WHAT TO PRODUCE >> Exactly reproduce the line containing "fn day_of(values: &[Word])" together with every line after it, through the end of the entries, and give nothing more.

Collection entries:
■ ■ ■ ■ ■ ■ ■

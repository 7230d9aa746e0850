//! What one line of a configuration of logrotate(8) says by itself.
//!
//! The contract: [`say`] gives exactly what the line says, inside a definition of logs or outside: the first fault that
//! applies to it, in the order of `lr_rules::ConfKind`, else what it sets, names, includes or passes over. What is set
//! meets the limits of `lr_rules`. What depends on the lines before it, as names without a brace and a script that stands
//! twice, is for `lr_conf`. Begin with [`say`]:
//!
//! ```text
//! // each item of a `lr_lex::Lexer`
//! let said = say(alloc, item, inside)?;
//! ```
#![tactic(auto)]

mod faults;
mod form;
mod laws;
mod make;
mod names;
mod reading;
mod row;
mod said;
mod script;
mod set;
mod taboo;
mod value;

pub use laws::lines_meet_limits;
pub use reading::say;
pub use said::{LineSaid, closes, has_brace, line_of};
pub use set::Set;
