// Values of directives that take one word.
ghost use Rattle.std.specs.Prelude.{◌≡◌, IfOk, Some};
ghost use Rattle.lr_rules.specs.declared.rule.Criterion.TheVariants as criterion;
ghost use Rattle.lr_words.specs.Numbers.{number_value, count_value, size_value};
ghost use Rattle.lr_words.specs.Formats.{format_value};
ghost use Rattle.lr_words.specs.Words.{extension_value, address_value, olddir_value};
ghost use Rattle.lr_forms.specs.declared.set.Set.TheVariants as set;
ghost use Rattle.lr_forms.specs.Says.{texts};
ghost use Rattle.lr_forms.specs.Values.{setting, value_of, sets_or_bad, one_says, weekday_given, day_says};

use crate::form::Value;
use crate::said::LineSaid;
use crate::set::Set;
use lr_lex::Word;
use lr_rules::{ConfKind, Criterion, Memory, Text};
use lr_words::{address, count, extension, format, number, olddir, size, weekday};
use std::alloc::Global;

// ---- numbers

fn count_set(word: &[u8]) -> Result<Set, ConfKind>
    ensures { result ≡ setting set.Count (count_value word.now) }
{
    match count(word) {
        Ok(count) => Ok(Set::Count(count)),
        Err(kind) => Err(kind),
    }
}

fn size_set(word: &[u8]) -> Result<Set, ConfKind>
    ensures { result ≡ setting (λ n. set.Criterion (criterion.Size n)) (size_value word.now) }
{
    match size(word) {
        Ok(size) => Ok(Set::Criterion(Criterion::Size(size))),
        Err(kind) => Err(kind),
    }
}

fn minsize_set(word: &[u8]) -> Result<Set, ConfKind>
    ensures { result ≡ setting set.MinSize (size_value word.now) }
{
    match size(word) {
        Ok(size) => Ok(Set::MinSize(size)),
        Err(kind) => Err(kind),
    }
}

fn maxsize_set(word: &[u8]) -> Result<Set, ConfKind>
    ensures { result ≡ setting set.MaxSize (size_value word.now) }
{
    match size(word) {
        Ok(size) => Ok(Set::MaxSize(size)),
        Err(kind) => Err(kind),
    }
}

fn minage_set(word: &[u8]) -> Result<Set, ConfKind>
    ensures { result ≡ setting set.MinAge (number_value word.now) }
{
    match number(word) {
        Ok(days) => Ok(Set::MinAge(days)),
        Err(kind) => Err(kind),
    }
}

fn maxage_set(word: &[u8]) -> Result<Set, ConfKind>
    ensures { result ≡ setting set.MaxAge (number_value word.now) }
{
    match number(word) {
        Ok(days) => Ok(Set::MaxAge(days)),
        Err(kind) => Err(kind),
    }
}

fn start_set(word: &[u8]) -> Result<Set, ConfKind>
    ensures { result ≡ setting set.Start (number_value word.now) }
{
    match number(word) {
        Ok(start) => Ok(Set::Start(start)),
        Err(kind) => Err(kind),
    }
}

// ---- texts

fn extension_set(alloc: Global, word: &Text) -> Result<Result<Set, ConfKind>, Memory>
    ensures { IfOk result (λ r. r ≡ setting set.Extension (extension_value word.now)) }
{
    match extension(alloc, word)? {
        Ok(ending) => Ok(Ok(Set::Extension(ending))),
        Err(kind) => Ok(Err(kind)),
    }
}

fn addextension_set(alloc: Global, word: &Text) -> Result<Result<Set, ConfKind>, Memory>
    ensures { IfOk result (λ r. r ≡ setting set.AddExtension (extension_value word.now)) }
{
    match extension(alloc, word)? {
        Ok(ending) => Ok(Ok(Set::AddExtension(ending))),
        Err(kind) => Ok(Err(kind)),
    }
}

fn olddir_set(alloc: Global, word: &Text) -> Result<Result<Set, ConfKind>, Memory>
    ensures { IfOk result (λ r. r ≡ setting (λ dir. set.Olddir (Some dir)) (olddir_value word.now)) }
{
    match olddir(alloc, word)? {
        Ok(dir) => Ok(Ok(Set::Olddir(Some(dir)))),
        Err(kind) => Ok(Err(kind)),
    }
}

fn mail_set(alloc: Global, word: &Text) -> Result<Result<Set, ConfKind>, Memory>
    ensures { IfOk result (λ r. r ≡ setting (λ address. set.Mail (Some address)) (address_value word.now)) }
{
    match address(alloc, word)? {
        Ok(address) => Ok(Ok(Set::Mail(Some(address)))),
        Err(kind) => Ok(Err(kind)),
    }
}

#[tactic(auto, using(lr_words::proofs::ReadBack::one_format))]
fn format_set(alloc: Global, word: &[u8]) -> Result<Result<Set, ConfKind>, Memory>
    ensures { IfOk result (λ r. r ≡ setting set.DateFormat (format_value word.now)) }
{
    match format(alloc, word)? {
        Ok(pieces) => Ok(Ok(Set::DateFormat(pieces))),
        Err(kind) => Ok(Err(kind)),
    }
}

// ---- one value

fn value_of(alloc: Global, value: Value, word: &Text) -> Result<Result<Set, ConfKind>, Memory>
    ensures { IfOk result (λ r. r ≡ value_of value word.now) }
{
    match value {
        Value::Count => Ok(count_set(word.bytes())),
        Value::Size => Ok(size_set(word.bytes())),
        Value::MinSize => Ok(minsize_set(word.bytes())),
        Value::MaxSize => Ok(maxsize_set(word.bytes())),
        Value::MinAge => Ok(minage_set(word.bytes())),
        Value::MaxAge => Ok(maxage_set(word.bytes())),
        Value::Start => Ok(start_set(word.bytes())),
        Value::Extension => extension_set(alloc, word),
        Value::AddExtension => addextension_set(alloc, word),
        Value::Olddir => olddir_set(alloc, word),
        Value::Mail => mail_set(alloc, word),
        Value::DateFormat => format_set(alloc, word.bytes()),
    }
}

fn sets_or_bad(set: Result<Set, ConfKind>) -> LineSaid
    ensures { result ≡ sets_or_bad set }
{
    match set {
        Ok(set) => LineSaid::Sets(set),
        Err(kind) => LineSaid::Bad(kind),
    }
}

/// What a directive says that takes one word.
pub(crate) fn one_says(alloc: Global, value: Value, values: &[Word]) -> Result<LineSaid, Memory>
    ensures { IfOk result (λ s. s ≡ one_says value (texts values.now)) }
{
    match values {
        [] => Ok(LineSaid::Quiet),
        [word, ..] => {
            let set = value_of(alloc, value, &word.text)?;
            Ok(sets_or_bad(set))
        }
    }
}

// ---- a day of the week

fn day_of(values: &[Word]) -> Result<u8, ConfKind>
    ensures { result ≡ weekday_given (texts values.now) }
{
    match values {
        [] => Ok(0),
        [word, ..] => weekday(word.text.bytes()),
    }
}

/// What `weekly` says.
pub(crate) fn day_says(values: &[Word]) -> LineSaid
    ensures { result ≡ day_says (texts values.now) }
{
    match day_of(values) {
        Ok(day) => LineSaid::Sets(Set::Criterion(Criterion::Weekly(day))),
        Err(kind) => LineSaid::Bad(kind),
    }
}
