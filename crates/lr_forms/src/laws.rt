// What holds of whatever a line says.
ghost use Rattle.std.specs.Prelude.{◌≡◌, Bool, true};
ghost use Rattle.lr_lex.specs.declared.item.Item.{Item};
ghost use Rattle.lr_forms.specs.Says.{item_says};
ghost use Rattle.lr_forms.specs.Limits.{said_meets, NamesSome};

/// What a line sets meets the limit of a rule for its field, and its names name logs. Where it names logs, it names one
/// at least.
pub fn lines_meet_limits()
    ensures limits { (inside : Bool) (item : Item) → said_meets (item_says inside item) ≡ true }
    ensures named { (inside : Bool) (item : Item) → NamesSome (item_says inside item) }
{}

■ ■ ■ ■ ■ ■ ■

EXERCISE RESPONSE >>
fn day_of(values: &[Word]) -> Result<u8, ConfKind>
    ensures { result ≡ weekday_given (texts values.now) }
{
    match values {
        [] => Ok(0),
        [word, ..] => weekday(word.text.bytes()),
    }
}

/// What `weekly` says.
pub(crate) fn day_says(values: &[Word]) -> LineSaid
    ensures { result ≡ day_says (texts values.now) }
{
    match day_of(values) {
        Ok(day) => LineSaid::Sets(Set::Criterion(Criterion::Weekly(day))),
        Err(kind) => LineSaid::Bad(kind),
    }
}
filename crates/lr_forms/src/laws.rt
// What holds of whatever a line says.
ghost use Rattle.std.specs.Prelude.{◌≡◌, Bool, true};
ghost use Rattle.lr_lex.specs.declared.item.Item.{Item};
ghost use Rattle.lr_forms.specs.Says.{item_says};
ghost use Rattle.lr_forms.specs.Limits.{said_meets, NamesSome};

/// What a line sets meets the limit of a rule for its field, and its names name logs. Where it names logs, it names one
/// at least.
pub fn lines_meet_limits()
    ensures limits { (inside : Bool) (item : Item) → said_meets (item_says inside item) ≡ true }
    ensures named { (inside : Bool) (item : Item) → NamesSome (item_says inside item) }
{}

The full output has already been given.